Analysis of 40 years of data shows that mammals traded on the global market share more pathogens with humans, and that each additional decade of trade adds, on average, one more shared pathogen
Global wildlife trade is not only a threat to species and ecosystems, but also a systematic mechanism that increases the risk of pathogen transmission from animals to humans. This is the central message of a new study published April 9, 2026 in the journal Science, which analyzed 40 years of wildlife trade and mammalian pathogen data. The researchers examined how a species’ participation in the trade, the length of time it has been traded, and its presence in illegal trade or live animal markets affect the likelihood that it will share pathogens with humans.
The study focused on mammals, in part because a large proportion of zoonotic diseases that affect humans originate from this group. The researchers combined global databases of legal and illegal trade, including CITES, LEMIS and DSW, with the CLOVER database, which contains more than 190 documented associations between mammals and viruses, bacteria, fungi, protozoa and other parasites. In doing so, they built a broad picture of the relationship between wildlife trade routes and the sharing of pathogens between animals and humans.
The most striking finding is the stark disparity between traded and non-traded species. Of the 2,079 mammal species included in the traded category, 41% shared at least one pathogen with humans, compared with just 6.4% of non-traded species. Even after the researchers statistically adjusted for potential biases such as evolutionary relationship, geographic region, research effort, living in a human environment, and consumption as food, they found that traded mammals were 1.5 times more likely to carry zoonotic diseases. In other words, the mere fact that a species is traded is the strongest predictor of sharing pathogens with humans.
The study also shows that the risk is not just due to the existence of the trade, but also to its nature. Mammals traded as live animals were found to be more likely to share pathogens with humans than species traded only as products. In one analysis, species sold as live animals were found to be 1.34 times more likely to share pathogens with humans. The researchers explain that a live animal carries active pathogens with it over time, and the close contact with humans throughout the chain of collection, storage, transport, sale and possession creates more opportunities for inter-species “leakage.”
Without hygiene and veterinary supervision
As for illegal trade, the picture is more complex. When only the question of whether a particular species shared at least one pathogen with humans was examined, there was no strong evidence of an independent effect of participation in illegal trade. However, another analysis, which examined the number of pathogens shared by species already traded, found that species also appearing in illegal trade shared on average 1.4 times more pathogens with humans than species traded only through legal channels. Therefore, the conclusion is not that all illegal trade is equally dangerous, but that it may exacerbate the risk in many cases, especially when conditions of supervision, hygiene and veterinary inspection are weak or lacking.

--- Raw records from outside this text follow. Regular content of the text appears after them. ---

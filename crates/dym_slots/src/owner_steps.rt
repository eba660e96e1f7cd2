//! The owner's steps on a log table, and what it does by several of them. Each atomic step is one step of the machine.
ghost use Rattle.std.specs.Prelude.{◌≡◌, ◌≢◌, ℕ, ◌<◌, ◌⊎◌, [], ◌∷◌, length, Some, None, IsTrue, IsFalse};
ghost use Rattle.dym_base.specs.declared.limits.TheConstants.{LOG_SLOTS, RECORD_ROOM};
ghost use Rattle.dym_slots.specs.declared.machine.TheConstants.{RECORD_NUMBERS};
ghost use Rattle.dym_slots.specs.declared.machine.Slot.TheVariants.{Live};
ghost use Rattle.dym_slots.specs.declared.view.SeatView.TheVariants.{Owns};
ghost use Rattle.dym_slots.specs.SeatViews.{glimpse, owner_of, IsOwner, holding, with_put, lowered, newest_of, newest_freed, raised_to};
ghost use Rattle.dym_slots.specs.TableStates.{Held};
ghost use Rattle.dym_slots.specs.Moves.{SitsAt, IsIdleOwner, HasOut, LookedAt, IsKnownFree, Won, Lost, IsUnlisted, Seized, Missed, HasEntry, IsBytesOf};

use crate::machine::Slot;
use crate::rule::{LogSeat, Slots};
use crate::view::SeatView;
use atomic_table::Play;
use dym_pack::Record;

/// A look at a slot.
struct Looks;

impl Play<Option<Record>, SeatView> for Looks {
    ghost use Rattle.dym_slots.specs.Moves.{OwnerLooked};

    ghost then = { λ st me n after. OwnerLooked st.word me n after };
}

/// A claim of a Free slot.
struct Claims;

impl Play<Option<Record>, SeatView> for Claims {
    ghost use Rattle.dym_slots.specs.Moves.{Claimed};

    ghost then = { λ st me _ after. Claimed st.word me after };
}

/// A take of a slot of the list.
struct TakesOwn;

impl Play<Option<Record>, SeatView> for TakesOwn {
    ghost use Rattle.dym_slots.specs.Moves.{TookOwn};

    ghost then = { λ st me _ after. TookOwn st.word st.first me after };
}

/// A take of a slot whose record the owner let go.
struct TakesRetired;

impl Play<Option<Record>, SeatView> for TakesRetired {
    ghost use Rattle.dym_slots.specs.Moves.{TookRetired};

    ghost then = { λ st me n after. TookRetired st.word me n after };
}

/// The slot that is out becomes Live under the next number.
struct Puts;

impl Play<Option<Record>, SeatView> for Puts {
    ghost use Rattle.dym_slots.specs.Moves.{WasPut};

    ghost then = { λ st me _ after. WasPut st.word me after };
}

/// The slot that is out becomes Live under its old number.
struct Lowers;

impl Play<Option<Record>, SeatView> for Lowers {
    ghost use Rattle.dym_slots.specs.Moves.{WasLowered};

    ghost then = { λ st me _ after. WasLowered st.word me after };
}

/// The slot of the newest entry becomes Free.
struct Frees;

impl Play<Option<Record>, SeatView> for Frees {
    ghost use Rattle.dym_slots.specs.Moves.{FreedNewest};

    ghost then = { λ st me _ after. FreedNewest st.word me after };
}

/// The root becomes the number of an entry.
struct Raises;

impl Play<Option<Record>, SeatView> for Raises {
    ghost use Rattle.dym_slots.specs.Moves.{Raised};

    ghost then = { λ _ me n after. Raised me n after };
}

/// Reads the state of a slot.
fn look(table: &Slots, seat: &mut LogSeat, slot: u32) -> Slot
    requires table { SitsAt table.now.table_id seat.old.table_id }
    requires owner { IsOwner seat.old.me.0 }
    requires slot { slot < LOG_SLOTS }
    ensures table { seat.new.table_id ≡ seat.old.table_id }
    ensures look { LookedAt slot result seat.old.me seat.new.me }
{
    Slot::of_word(table.load::<Looks>(seat, slot as usize + 1))
}

/// Takes a slot that is known to be Free, for the next number.
fn claim(table: &Slots, seat: &mut LogSeat, slot: u32, next: u64)
    requires table { SitsAt table.now.table_id seat.old.table_id }
    requires idle { IsIdleOwner seat.old.me }
    requires slot { slot < LOG_SLOTS }
    requires free { IsKnownFree slot (owner_of seat.old.me.0) }
    requires next { next ≡ (owner_of seat.old.me.0).next }
    requires number { next < RECORD_NUMBERS }
    ensures table { seat.new.table_id ≡ seat.old.table_id }
    ensures after { seat.new.me
        ≡ (Owns (holding slot (owner_of seat.old.me.0)), (slot, None) ∷ []) }
{
    let (old, new) = (Slot::Free.word(), Slot::OutOwner(next).word());
    table.compare_exchange::<Claims>(seat, slot as usize + 1, old, new);
}

/// Tries to take a slot that the last look found Live, and answers the state in which it found it.
fn take_retired(table: &Slots, seat: &mut LogSeat, slot: u32, number: u64) -> Slot
    requires table { SitsAt table.now.table_id seat.old.table_id }
    requires idle { IsIdleOwner seat.old.me }
    requires slot { slot < LOG_SLOTS }
    requires seen { (owner_of seat.old.me.0).look ≡ Some (glimpse slot (Live number)) }
    requires number { number < RECORD_NUMBERS }
    ensures table { seat.new.table_id ≡ seat.old.table_id }
    ensures outcome { Won slot result seat.old.me seat.new.me
        ⊎ Lost slot result seat.old.me seat.new.me }
{
    let (old, new) = (Slot::Live(number).word(), Slot::OutOwner(number).word());
    Slot::of_word(table.compare_exchange::<TakesRetired>(seat, slot as usize + 1, old, new))
}

/// Puts a record into the slot that is out, which becomes the newest of the list.
pub(crate) fn put_into(table: &Slots, seat: &mut LogSeat, slot: u32, number: u64, rec: Record)
    requires table { SitsAt table.now.table_id seat.old.table_id }
    requires held { (home : Held) × HasOut slot home seat.old.me }
    requires slot { slot < LOG_SLOTS }
    requires unlisted { IsUnlisted slot (owner_of seat.old.me.0).list }
    requires next { number ≡ (owner_of seat.old.me.0).next }
    requires number { number < RECORD_NUMBERS }
    requires room { length (owner_of seat.old.me.0).list < RECORD_ROOM }
    ensures table { seat.new.table_id ≡ seat.old.table_id }
    ensures after { seat.new.me ≡ (Owns (with_put slot rec (owner_of seat.old.me.0)), []) }
{
    drop(table.exchange(seat, slot as usize, Some(rec)));
    table.store::<Puts>(seat, slot as usize + 1, Slot::Live(number).word());
}

/// Takes the record of an entry out of its slot.
pub(crate) fn take_out(table: &Slots, seat: &mut LogSeat, slot: u32, number: u64) -> Record
    requires table { SitsAt table.now.table_id seat.old.table_id }
    requires idle { IsIdleOwner seat.old.me }
    requires slot { slot < LOG_SLOTS }
    requires listed { HasEntry slot number (owner_of seat.old.me.0) }
    requires number { number < RECORD_NUMBERS }
    ensures table { seat.new.table_id ≡ seat.old.table_id }
    ensures after { seat.new.me
        ≡ (Owns (holding slot (owner_of seat.old.me.0)), (slot, None) ∷ []) }
    ensures bytes { IsBytesOf slot number (owner_of seat.old.me.0) result }
{
    let (old, new) = (Slot::Live(number).word(), Slot::OutOwner(number).word());
    table.compare_exchange::<TakesOwn>(seat, slot as usize + 1, old, new);
    let Some(rec) = table.exchange(seat, slot as usize, None) else {
        unreachable!();
    };
    rec
}

/// Brings the record of an entry back to its slot, which is out.
pub(crate) fn bring_back(table: &Slots, seat: &mut LogSeat, slot: u32, number: u64, rec: Record)
    requires table { SitsAt table.now.table_id seat.old.table_id }
    requires held { (home : Held) × HasOut slot home seat.old.me }
    requires slot { slot < LOG_SLOTS }
    requires bytes { IsBytesOf slot number (owner_of seat.old.me.0) rec }
    requires number { number < RECORD_NUMBERS }
    ensures table { seat.new.table_id ≡ seat.old.table_id }
    ensures after { seat.new.me ≡ (Owns (lowered slot (owner_of seat.old.me.0)), []) }
{
    drop(table.exchange(seat, slot as usize, Some(rec)));
    table.store::<Lowers>(seat, slot as usize + 1, Slot::Live(number).word());
}

/// Makes the slot of the newest entry Free, which is out and has nothing at home.
pub(crate) fn free_newest(table: &Slots, seat: &mut LogSeat, slot: u32)
    requires table { SitsAt table.now.table_id seat.old.table_id }
    requires held { HasOut slot None seat.old.me }
    requires slot { slot < LOG_SLOTS }
    requires older { 1 < length (owner_of seat.old.me.0).list }
    requires newest { (newest_of (owner_of seat.old.me.0).list).entry.slot ≡ slot }
    ensures table { seat.new.table_id ≡ seat.old.table_id }
    ensures after { seat.new.me ≡ (Owns (newest_freed slot (owner_of seat.old.me.0)), []) }
{
    table.store::<Frees>(seat, slot as usize + 1, Slot::Free.word());
}

/// Makes the number of an entry the root.
pub(crate) fn raise_root(table: &Slots, seat: &mut LogSeat, number: u64)
    requires table { SitsAt table.now.table_id seat.old.table_id }
    requires idle { IsIdleOwner seat.old.me }
    requires listed { (slot : ℕ) × HasEntry slot number (owner_of seat.old.me.0) }
    ensures table { seat.new.table_id ≡ seat.old.table_id }
    ensures after { seat.new.me
        ≡ (Owns (raised_to number (owner_of seat.old.me.0)), seat.old.me.1) }
{
    table.store::<Raises>(seat, 0, number);
}

/// Takes a slot that is in no entry for the next number, unless the sweeper has it out.
fn seize(table: &Slots, seat: &mut LogSeat, slot: u32, next: u64) -> bool
    requires table { SitsAt table.now.table_id seat.old.table_id }
    requires idle { IsIdleOwner seat.old.me }
    requires slot { slot < LOG_SLOTS }
    requires next { next ≡ (owner_of seat.old.me.0).next }
    requires number { next < RECORD_NUMBERS }
    ensures table { seat.new.table_id ≡ seat.old.table_id }
    ensures won { IsTrue result → Seized slot seat.old.me seat.new.me }
    ensures lost { IsFalse result → Missed slot seat.old.me seat.new.me }
{
    match look(table, seat, slot) {
        Slot::Free => {
            claim(table, seat, slot, next);
            true
        }
        Slot::Live(number) => reuse(table, seat, slot, number, next),
        Slot::OutOwner(_) | Slot::OutSweeper(_) => false,
    }
}

/// Takes a slot that is in no entry and that the last look found Live for the next number, unless the sweeper has it out.
fn reuse(table: &Slots, seat: &mut LogSeat, slot: u32, number: u64, next: u64) -> bool
    requires table { SitsAt table.now.table_id seat.old.table_id }
    requires idle { IsIdleOwner seat.old.me }
    requires slot { slot < LOG_SLOTS }
    requires seen { (owner_of seat.old.me.0).look ≡ Some (glimpse slot (Live number)) }
    requires old { number < RECORD_NUMBERS }
    requires next { next ≡ (owner_of seat.old.me.0).next }
    requires number { next < RECORD_NUMBERS }
    ensures table { seat.new.table_id ≡ seat.old.table_id }
    ensures won { IsTrue result → Seized slot seat.old.me seat.new.me }
    ensures lost { IsFalse result → Missed slot seat.old.me seat.new.me }
{
    match take_retired(table, seat, slot, number) {
        Slot::Live(_) => true,
        Slot::Free => {
            claim(table, seat, slot, next);
            true
        }
        Slot::OutOwner(_) | Slot::OutSweeper(_) => false,
    }
}

/// Takes one of two slots that are in no entry for the next number, and answers whether it is the first. At most one of them is
/// out with the sweeper at a time, so that the first is Free once both were seen so.
pub(crate) fn seize_either(
    table: &Slots,
    seat: &mut LogSeat,
    first: u32,
    second: u32,
    next: u64,
) -> bool
    requires table { SitsAt table.now.table_id seat.old.table_id }
    requires idle { IsIdleOwner seat.old.me }
    requires fresh { (owner_of seat.old.me.0).remembered ≡ [] }
    requires slots { (first < LOG_SLOTS) × (second < LOG_SLOTS) × (first ≢ second) }
    requires next { next ≡ (owner_of seat.old.me.0).next }
    requires number { next < RECORD_NUMBERS }
    ensures table { seat.new.table_id ≡ seat.old.table_id }
    ensures first { IsTrue result → Seized first seat.old.me seat.new.me }
    ensures second { IsFalse result → Seized second seat.old.me seat.new.me }
{
    if seize(table, seat, first, next) {
        return true;
    }
    if seize(table, seat, second, next) {
        return false;
    }
    claim(table, seat, first, next);
    true
}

One of the most important insights in the paper concerns time. The researchers examined more than 236,000 trade records for 583 mammal species between 1980 and 2019, and found that the longer a species has been in trade, the more pathogens it shares with humans. They estimate that, on average, a wild mammal species shares one more pathogen with humans for every 10 years it has been in global trade. This is a particularly dramatic point, because it suggests that not only species that are already considered problematic deserve attention, but also species that are not yet recognized as a clear health risk but continue to be traded over time and accumulate opportunities for disease transmission.
The importance in the post-Corona era
The researchers are careful not to establish absolute causality in each case. They emphasize that such correlational research cannot accurately describe the direction of transmission in every system, and that reverse transmission, from humans to wildlife, may also play a role. Still, they believe that the main direction is from wildlife to humans, because humans consume, transport, house, and keep wildlife in many situations, while the reverse direction is rarer. They also warn that a policy of blanket bans alone could divert activity into illegal channels if not accompanied by more advanced enforcement, tracking, and biosurveillance.
In fact, this is perhaps the most important practical lesson of the work: existing regulatory systems, primarily the CITES convention, were built primarily to protect species from extinction due to overexploitation, not to reduce epidemiological risks. The new study suggests that wildlife trade should also be seen as a public health issue. If the study findings are indeed integrated into policy, this could mean expanding oversight of live species trade, strengthening pathogen monitoring along the trade chain, and explicitly weighing zoonotic risk in international regulatory decisions. In the post-COVID-19 era, this message is likely to ring especially loud: wildlife trade is not just a nature and conservation problem, but also a key front in preventing the next pandemic.